The key difference between dialysis and CRRT is that dialysis is a process carried out for a time period of three to four hours, whereas CRRT is a slower and continuous process that takes more than 24-hours.
Kidneys usually filter blood, remove harmful wastes and excess fluid by turning them into urine to pass out of the body as an excretory product. When kidneys fail, an electrolyte imbalance takes place in the body where wastes, toxins, salts, and extra water build up within the body. Dialysis and CRRT (continuous renal replacement therapy) are two processes that play an important role in keeping the body in balance during kidney failure. Such processes help to keep safe levels of chemicals, remove toxic wastes and excess fluid, and also help to control blood pressure in the body.
CONTENTS
1. Overview and Key Difference
2. What is Dialysis
3. What is CRRT
4. Similarities – Dialysis and CRRT
5. Dialysis vs CRRT in Tabular Form
6. Summary – Dialysis and CRRT
What is Dialysis?
Dialysis is a procedure carried out to remove excess fluids and waste products from the blood when kidneys do not function properly. Dialysis diverts blood to a machine to clean and purify. This process takes about 3 – 4 hours. Dialysis is mainly done in the presence of chronic kidney disease or kidney failure. The presence of waste products and excess fluids are toxic to the body as they cause various symptoms and may eventually be fatal. The severity of kidney failure decides the time period of dialysis. If kidney failure is temporary, the dialysis process ends once the kidneys recover. During a critical situation where kidney transplants are required, the dialysis process continues until a suitable donor becomes available. If the kidney transplant is not suitable during a critical situation, dialysis continues for the rest of the life.
Figure 01: Dialysis Process
There are two types of dialysis: hemodialysis and peritoneal dialysis. Hemodialysis is the most common type of dialysis. During this process, a tube is attached to a needle in the arm, and blood passes along the tube. Initially, blood enters an external machine through a tube that filters before passing through the needle in the arm. Hemolysis dialysis is usually done three days per week, and each process lasts approximately four hours. Peritoneal dialysis is slightly different. Rather than a filtering machine, this process uses the inside lining of the abdomen called the peritoneum to filter. The peritoneum contains tiny blood vessels, and they act as a filtering unit. In this procedure, a small cut is made near the abdominal area, and a thin tube is inserted into the cavity. This is left permanently. The wastes and fluid drain to a bag, and fresh liquid replaces every 30 – 40 minutes, approximately four times a day.
What is CRRT (Continuous Renal Replacement Therapy)?

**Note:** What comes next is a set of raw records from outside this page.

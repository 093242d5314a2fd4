//! Octets side by side in a vector register: sixteen, or twice sixteen, each sixteen by itself.
#![tactic(auto, using(std::proofs::lemmas::Simd::shifts_fit_splat))]

ghost use Rattle.std.specs.Prelude.{◌≡◌, ◌<◌, ◌*◌, ◌/◌, ◌%◌, ◌^◌, ℕ, bit_or, bit_xor, get_or};
ghost use Rattle.std.specs.Prelude.{length};
ghost use Rattle.std.specs.List.{All};
ghost use Rattle.macs_ghash.specs.Tables.{block_of_octets, octets_in, pushed, sum_of};

use macs_gf::REGISTER_BITS;
use std::simd::prelude::*;

/// How many octets a vector register has.
pub(crate) const OCTETS: usize = REGISTER_BITS / 8;

/// How many blocks of sixteen octets a vector register has.
pub(crate) const SIXTEENS: usize = REGISTER_BITS / 128;

/// The place before each, and none before the first of each sixteen.
pub(crate) const BEFORE: [u8; 32] = [
    128, 0, 1, 2, 3, 4, 5, 6, 7, 8, 9, 10, 11, 12, 13, 14, 128, 0, 1, 2, 3, 4, 5, 6, 7, 8, 9, 10,
    11, 12, 13, 14,
];

/// The last place of each sixteen at its first, and none elsewhere.
pub(crate) const LAST: [u8; 32] = [
    15, 128, 128, 128, 128, 128, 128, 128, 128, 128, 128, 128, 128, 128, 128, 128, 15, 128, 128,
    128, 128, 128, 128, 128, 128, 128, 128, 128, 128, 128, 128, 128,
];

/// Octets are below 2^8: a proof that calls this learns it about octets behind a reference.
#[inline(always)]
pub(crate) fn octets_in_range(octets: &[u8])
    ensures { All (λ octet. octet < 2 ^ 8) octets.now }
{}

/// In each place the octet that the table has, in the same sixteen, where the number there says.
#[inline(always)]
pub(crate) fn found(table: Simd<u8, OCTETS>, at: Simd<u8, OCTETS>) -> Simd<u8, OCTETS>
    requires { (g j : ℕ) → g < SIXTEENS → j < 16 → octets_in at g j < 16 }
    ensures { (g j : ℕ) → g < SIXTEENS → j < 16
        → octets_in result g j ≡ octets_in table g (octets_in at g j) }
{
    table.swizzle_dyn_within::<16>(at)
}

/// The left half of each octet.
#[inline(always)]
pub(crate) fn left_halves(x: Simd<u8, OCTETS>) -> Simd<u8, OCTETS>
    ensures { (g j : ℕ) → g < SIXTEENS → j < 16 → octets_in result g j ≡ octets_in x g j / 16 }
{
    x >> 4
}

/// The right half of each octet.
#[inline(always)]
pub(crate) fn right_halves(x: Simd<u8, OCTETS>) -> Simd<u8, OCTETS>
    ensures { (g j : ℕ) → g < SIXTEENS → j < 16 → octets_in result g j ≡ octets_in x g j % 16 }
{
    x & Simd::splat(15)
}

/// The right half of each octet, moved to the place of the left one.
#[inline(always)]
fn raised(x: Simd<u8, OCTETS>) -> Simd<u8, OCTETS>
    ensures { (g j : ℕ) → g < SIXTEENS → j < 16 → octets_in result g j ≡ octets_in x g j % 16 * 16 }
{
    x << 4
}

/// The sums of the octets of two vectors.
#[inline(always)]
pub(crate) fn sum(x: Simd<u8, OCTETS>, y: Simd<u8, OCTETS>) -> Simd<u8, OCTETS>
    ensures { (g j : ℕ) → g < SIXTEENS → j < 16
        → octets_in result g j ≡ bit_xor (octets_in x g j) (octets_in y g j) }
{
    x ^ y
}

/// The octets of two vectors, of which in each place one has zero. It is an `or` and not an `xor`,
/// since compilers merge two shuffles and an `or` into one shuffle.
#[inline(always)]
fn either(x: Simd<u8, OCTETS>, y: Simd<u8, OCTETS>) -> Simd<u8, OCTETS>
    ensures { (g j : ℕ) → g < SIXTEENS → j < 16
        → octets_in result g j ≡ bit_or (octets_in x g j) (octets_in y g j) }
{
    x | y
}

/// Each octet one place further to the right in its sixteen, and zero in front.
#[inline(always)]
fn further(x: Simd<u8, OCTETS>) -> Simd<u8, OCTETS>
    ensures { (g j : ℕ) → g < SIXTEENS → j < 16
        → octets_in result g j ≡ pushed 0 (octets_in x g) j }
{
    x.swizzle_dyn_within::<16>(Simd::<u8, OCTETS>::from_slice(&BEFORE))
}

/// The last octet of each sixteen in its first place, and zeros after it.
#[inline(always)]
fn last_first(x: Simd<u8, OCTETS>) -> Simd<u8, OCTETS>
    ensures { (g j : ℕ) → g < SIXTEENS → j < 16
        → octets_in result g j ≡ pushed (octets_in x g 15) (λ i. 0) j }
{
    x.swizzle_dyn_within::<16>(Simd::<u8, OCTETS>::from_slice(&LAST))
}

/// Sums of octets, and beside them what went beyond their right end.
#[derive(Clone, Copy)]
pub(crate) struct OctetSums {
    pub(crate) low: Simd<u8, OCTETS>,
    pub(crate) high: Simd<u8, OCTETS>,
}

/// The sums one octet further to the right; added are octets, and others half an octet further to
/// the right.
#[inline(always)]
pub(crate) fn next_sums(
    sums: OctetSums,
    left: Simd<u8, OCTETS>,
    right: Simd<u8, OCTETS>,
) -> OctetSums
    ensures low { (g j : ℕ) → g < SIXTEENS → j < 16
        → octets_in result.low g j
        ≡ bit_xor
        (pushed 0 (λ i. bit_xor (octets_in sums.low g i) (octets_in right g i % 16 * 16)) j)
        (bit_xor (octets_in left g j) (octets_in right g j / 16)) }
    ensures high { (g j : ℕ) → g < SIXTEENS → j < 16
        → octets_in result.high g j
        ≡ pushed
        (bit_xor (octets_in sums.low g 15) (octets_in right g 15 % 16 * 16))
        (octets_in sums.high g) j }
{
    let low = sum(sums.low, raised(right));
    let added = sum(left, left_halves(right));
    OctetSums {
        low: sum(further(low), added),
        high: either(last_first(low), further(sums.high)),
    }
}

/// Sixteen octets.
#[inline(always)]
fn sixteen_of(x: Simd<u8, OCTETS>, g: usize) -> [u8; 16]
    requires { g < SIXTEENS }
    ensures size { length result ≡ 16 }
    ensures octets { (j : ℕ) → j < 16 → get_or result j 0 ≡ octets_in x g j }
    ensures small { (j : ℕ) → j < 16 → octets_in x g j < 256 }
{
    let octets = x.to_array();
    let mut block = [0u8; 16];
    for j in 0..16 {
        block[j] = octets[16 * g + j];
    }
    block
}

/// The sum of the blocks that a register has, as a number.
#[inline(always)]
pub(crate) fn number(x: Simd<u8, OCTETS>) -> u128
    ensures { result ≡ sum_of (λ g. block_of_octets (octets_in x g)) SIXTEENS }
{
    let mut total = 0u128;
    for g in 0..SIXTEENS {
        total ^= u128::from_be_bytes(sixteen_of(x, g));
    }
    total
}
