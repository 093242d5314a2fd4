//! A string taken in by strides of several blocks, under tables of as many powers of the hash
//! subkey.

ghost use Rattle.std.specs.Prelude.{◌≡◌, ◌≢◌, ◌+◌, ◌*◌, ◌/◌, ◌^◌, ◌<◌, ◌≤◌, ◌-◌, ℕ, bit_xor};
ghost use Rattle.std.specs.Prelude.{length};
ghost use Rattle.macs_gf.specs.Ghash.{block_at, blocks_of, ghash, hash_input, subkey_power};
ghost use Rattle.macs_ghash.specs.Tables.{AreTables, octet_from_left, octets_in};

use crate::filling::octets_of;
use crate::octets::{OCTETS, SIXTEENS, found, octets_in_range, sum};
use crate::strings::{behind_zeros, input_blocks};
use crate::tables::{Part, products};
use std::simd::prelude::*;

/// For each octet of a block, the place among its sixteen where `octets_of` puts it.
pub(crate) const FLIPPED: [u8; 32] = [
    7, 6, 5, 4, 3, 2, 1, 0, 15, 14, 13, 12, 11, 10, 9, 8, 7, 6, 5, 4, 3, 2, 1, 0, 15, 14, 13, 12,
    11, 10, 9, 8,
];

/// The octets of a state in the first sixteen of a register, and zeros after them.
#[inline(always)]
fn octets_of_state(state: u128) -> Simd<u8, OCTETS>
    ensures first { (j : ℕ) → j < 16 → octets_in result 0 j ≡ octet_from_left state j }
    ensures rest { (g j : ℕ) → 0 < g → g < SIXTEENS → j < 16 → octets_in result g j ≡ 0 }
{
    let mut blocks = [0; SIXTEENS];
    blocks[0] = state;
    found(
        octets_of(&blocks, 0),
        Simd::<u8, OCTETS>::from_slice(&FLIPPED),
    )
}

/// A state added to the first of several blocks. A whole register is stored, so that the load that
/// follows does not wait for it.
#[inline(always)]
pub(crate) fn add_state<const M: usize>(octets: &mut [u8; M], state: u128)
    requires { OCTETS ≤ M }
    ensures first { block_at octets.new 0 ≡ bit_xor state (block_at octets.old 0) }
    ensures others { (l : ℕ) → 16 * l + 16 ≤ M → l ≢ 0
        → block_at octets.new l ≡ block_at octets.old l }
{
    octets_in_range(octets);
    let sums = sum(
        Simd::<u8, OCTETS>::from_slice(octets),
        octets_of_state(state),
    );
    sums.copy_to_slice(octets);
    octets_in_range(octets);
}

/// How many blocks the first of strides of `size` blocks takes: at least one, and those that whole
/// strides leave.
#[inline(always)]
fn first_of(count: usize, size: usize) -> usize
    requires size { 0 < size }
    requires count { 0 < count }
    ensures some { 0 < result }
    ensures few { result ≤ size }
    ensures whole { result + size * ((count - result) / size) ≡ count }
{
    (count - 1) % size + 1
}

/// The hash of the additional data and the text, which make `count` blocks, by strides of as many
/// blocks as the tables have powers.
#[inline(always)]
pub(crate) fn hashed<const N: usize, const M: usize>(
    tables: &[[Part; N]; 16],
    aad: &[u8],
    text: &[u8],
    count: usize,
) -> u128
    requires size { M ≡ OCTETS * N }
    requires some { 0 < N }
    requires few { N ≤ 8 }
    requires aad { length aad.now < 2 ^ 32 }
    requires text { length text.now < 2 ^ 32 }
    requires all { count ≡ (length aad.now + 15) / 16 + (length text.now + 15) / 16 + 1 }
    ensures { (h : ℕ) → h < 2 ^ 128
        → AreTables SIXTEENS N (λ l. subkey_power h (SIXTEENS * N - l)) tables.now
        → result ≡ ghash h (blocks_of (hash_input aad.now text.now)) }
{
    let size = M / 16;
    // The first stride takes what whole strides leave: there is no state to add yet.
    let first = first_of(count, size);
    let mut taken = first;
    let mut state = products::<N>(tables, &behind_zeros::<M>(aad, text, first));
    for _stride in 0..(count - first) / size {
        let mut octets = input_blocks::<M>(aad, text, taken);
        add_state(&mut octets, state);
        state = products::<N>(tables, &octets);
        taken += size;
    }
    state
}
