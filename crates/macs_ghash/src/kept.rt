//! A hash subkey whose tables are kept, for a key that is used often.

ghost use Rattle.std.specs.Prelude.{◌≡◌, ◌^◌, ◌<◌, length};
ghost use Rattle.std.specs.Int.{to_be_bytes, w128};
ghost use Rattle.macs_gf.specs.Ghash.{blocks_of, ghash, hash_input};

use crate::filling::room;
use crate::powers::Powers;
use crate::strides::hashed;
use crate::tables::{EIGHT, Part};
use std::marker::Model;
use std::simd::prelude::*;

/// A hash subkey (NIST SP 800-38D, 7.1, step 1) with the tables of its eight powers, which take 2
/// KB. In clauses it is the subkey.
#[derive(Drop)]
pub struct Tables {
    key: u128,
    eight: [[Part; EIGHT]; 16],
}

impl Model for Tables {
    ghost use Rattle.std.specs.Prelude.{◌-◌, ◌^◌, ◌<◌, ℕ};
    ghost use Rattle.macs_gf.specs.Ghash.{subkey_power};
    ghost use Rattle.macs_ghash.specs.Tables.{AreTables};
    ghost use Rattle.macs_ghash.specs.declared.octets.TheConstants.{SIXTEENS};
    ghost use Rattle.macs_ghash.specs.declared.tables.TheConstants.{EIGHT};

    ghost Value = { ℕ };

    ghost view = { λ s. s.key };

    ghost invariant = { λ s. (s.key < 2 ^ 128)
        × AreTables SIXTEENS EIGHT (λ l. subkey_power s.key (8 - l)) s.eight };
}

impl Tables {
    /// The tables of a subkey.
    pub fn new(powers: &Powers) -> Self
        ensures { result ≡ powers.now }
    {
        let mut eight = room();
        let key = powers.fill_eight(&mut eight);
        Tables { key, eight }
    }

    /// GHASH as by `ghash`, of fewer than 2^32 octets each, without making a table.
    pub fn ghash(&self, aad: &[u8], text: &[u8]) -> [u8; 16]
        requires aad { length aad.now < 2 ^ 32 }
        requires text { length text.now < 2 ^ 32 }
        ensures { result
            ≡ to_be_bytes w128 (ghash self.now (blocks_of (hash_input aad.now text.now))) }
    {
        let count = aad.len().div_ceil(16) + text.len().div_ceil(16) + 1;
        hashed::<EIGHT, 128>(&self.eight, aad, text, count).to_be_bytes()
    }
}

Continuous renal replacement therapy or CRRT is a 24-hour non-stop dialysis process that supports patients with kidney failure. During the CRRT therapy, blood passes through a special filter that removes excess fluid and uremic toxins and returns purified blood to the body. This is a slow process that takes over a period of 24-hours. It is a special and unique feature of CRRT. Slow continuous removal of fluid and toxins enables intravascular water refiling from tissues, and this minimizes the negative impact on hemodynamic stability. The slow and continuous process transfers the solutes from the tissues to blood and enables the removal of uremic toxins and fluid in the blood.
Figure 02: CRRT Dialysis Machine
CRRT contains a highly permeable hemofilter that has the capacity to remove solutes with high molecular weight. It also helps to maintain homeostasis, including fluid balance, acid-base balance, electrolytic balance, and colloid osmotic pressure within the body. CRRT therapy is often used for patients with acute renal failure and with complications such as multiple organ failure, cardiac imperfections, acute pancreatitis, or liver failure. CRRT requires special anticoagulation to prevent the dialysis circuit from clotting.
What are the Similarities Between Dialysis and CRRT?
- Dialysis and CRRT are carried out using a venous catheter and a semi-permeable membrane.
- Both have the same principle of removing excess fluid and toxic waste from blood during the condition of kidney failure.
- Moreover, the techniques require hospitalization.
- Immunocompromised patients may have severe effects upon both dialysis and CRRT.
What is the Difference Between Dialysis and CRRT?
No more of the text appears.